Writing in the journal Current Anthropology, Andrew J. Strathern and Pamela J. Stewart characterized the work as "a major tour de force" that intervenes in debates about human evolution by examining contemporary indigenous accounts of entities intermediate between modern humans and earlier hominins. Strathern and Stewart praised Forth's methodology for remaining firmly grounded in fieldwork while raising broader questions about cognition, evidence, and reality. They noted that throughout the book, the author neither simply believes in nor rejects the Lio ape-men accounts, instead rigorously considering all possibilities by relying on both Lio narratives and available scientific evidence. They found the work valuable for its open-minded approach to what indigenous stories signify and for making technical arguments readable without forcing debates to a single conclusion.

Miriam Belmaker identified the ethnographic documentation as the foremost strength of the volume, noting that in an era when indigenous languages are being lost, firsthand anthropological accounts play a critical role in preserving such stories for future scholars. Belmaker found the final section, in which Forth presents his thesis about the possible survival of a living descendant of Homo floresiensis, to be the weaker part of the book. Belmaker argued that the connection drawn between indigenous accounts and the presence of an unrecognized hominin species was "tenuous at best," comparing the Lio eyewitness accounts to historical European stories of unicorns, basilisks, and werewolves that would not constitute scientific evidence for the existence of such creatures.

David P. Barash, a reviewer for the Wall Street Journal, acknowledged Forth as a highly reputable scholar and scrupulous researcher who spent more than four years on Flores over numerous field trips. Barash observed that claims about the lai ho'a are rendered more credible than reports of creatures like Sasquatch or Yeti by the existence of genuine fossil antecedents on the island. However, Barash argued that Forth presents no conclusive evidence that descendants of Homo floresiensis currently exist, and that instead of making a direct case for contemporary hobbits, the author takes "a deep dive into Lio beliefs about the lai ho'a in myth, legend, religion and rumor." He found that while many sightings occurred at night or in conditions of limited visibility, Forth nonetheless concluded that most people who think they witnessed something have actually witnessed it.

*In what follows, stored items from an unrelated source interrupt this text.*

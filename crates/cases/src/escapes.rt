//! The bytes that a line of a file stands for.
use crate::fault::Wrong;

/// What the escape so far says.
#[derive(Clone, Copy)]
enum State {
    /// There is none.
    Plain,
    /// A backslash.
    Begun,
    /// A backslash and an `x`.
    Byte,
    /// The same, and a digit of this number.
    HalfByte(u8),
    /// A backslash, a brace and digits of this number.
    Times(usize),
}

/// Appends what a line stands for, with its end, if a backslash doesn't take it away.
pub fn push_line(to: &mut Vec<u8>, line: &str, end: &[u8]) -> Result<(), Wrong> {
    let mut state = State::Plain;
    for byte in line.bytes() {
        state = push_next(to, state, byte)?;
    }
    match state {
        State::Plain => to.extend_from_slice(end)?,
        State::Begun => {}
        _ => return Err(Wrong::Why("an escape has no end")),
    }
    Ok(())
}

/// Takes one more byte of a line.
fn push_next(to: &mut Vec<u8>, state: State, byte: u8) -> Result<State, Wrong> {
    match state {
        State::Plain if byte == b'\\' => Ok(State::Begun),
        State::Plain => push_byte(to, byte),
        State::Begun => push_escaped(to, byte),
        State::Byte => Ok(State::HalfByte(digit_of(byte)?)),
        State::HalfByte(high) => push_byte(to, high << 4 | digit_of(byte)?),
        State::Times(count) if byte == b'}' => repeat_last(to, count),
        State::Times(count) => times_of(count, byte),
    }
}

fn push_byte(to: &mut Vec<u8>, byte: u8) -> Result<State, Wrong> {
    to.push(byte)?;
    Ok(State::Plain)
}

/// Takes the byte behind a backslash.
fn push_escaped(to: &mut Vec<u8>, byte: u8) -> Result<State, Wrong> {
    match byte {
        b'n' => push_byte(to, b'\n'),
        b'r' => push_byte(to, b'\r'),
        b't' => push_byte(to, b'\t'),
        b'\\' => push_byte(to, b'\\'),
        b'x' => Ok(State::Byte),
        b'{' => Ok(State::Times(0)),
        _ => Err(Wrong::Why("there is no such escape")),
    }
}

/// The number of a hexadecimal digit.
fn digit_of(byte: u8) -> Result<u8, Wrong> {
    match (byte as char).to_digit(16) {
        Some(digit) => Ok(digit as u8),
        None => Err(Wrong::Why("no hexadecimal digit")),
    }
}

/// The number whose last digit this byte is.
fn times_of(count: usize, byte: u8) -> Result<State, Wrong> {
    match (byte as char).to_digit(10) {
        Some(digit) => Ok(State::Times(count.saturating_mul(10).saturating_add(digit as usize))),
        None => Err(Wrong::Why("no decimal digit")),
    }
}

/// Has the last byte stand so often.
fn repeat_last(to: &mut Vec<u8>, count: usize) -> Result<State, Wrong> {
    let Some(last) = to.last().copied() else {
        return Err(Wrong::Why("nothing stands before the escape"));
    };
    if count == 0 {
        return Err(Wrong::Why("nothing stands 0 times"));
    }
    for _ in 1..count {
        to.push(last)?;
    }
    Ok(State::Plain)
}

Jeffery Meldrum described the work as an important contribution to navigating the relationship between palaeontological and ethnographic evidence. He emphasized that Forth's proposal about the possible existence of relict hominoids preceded the announcement of Homo floresiensis by several years, lending the work a prophetic quality. Meldrum praised the author for providing a replete enumeration of correlations between contemporary ape-man descriptions and the physical and behavioral attributes of the fossil hominin, and for explicitly questioning the dismissal of these similarities as merely coincidental.

In her review for Forbes, Rebecca Coffey found the book fascinating and recommended it as an adventure read.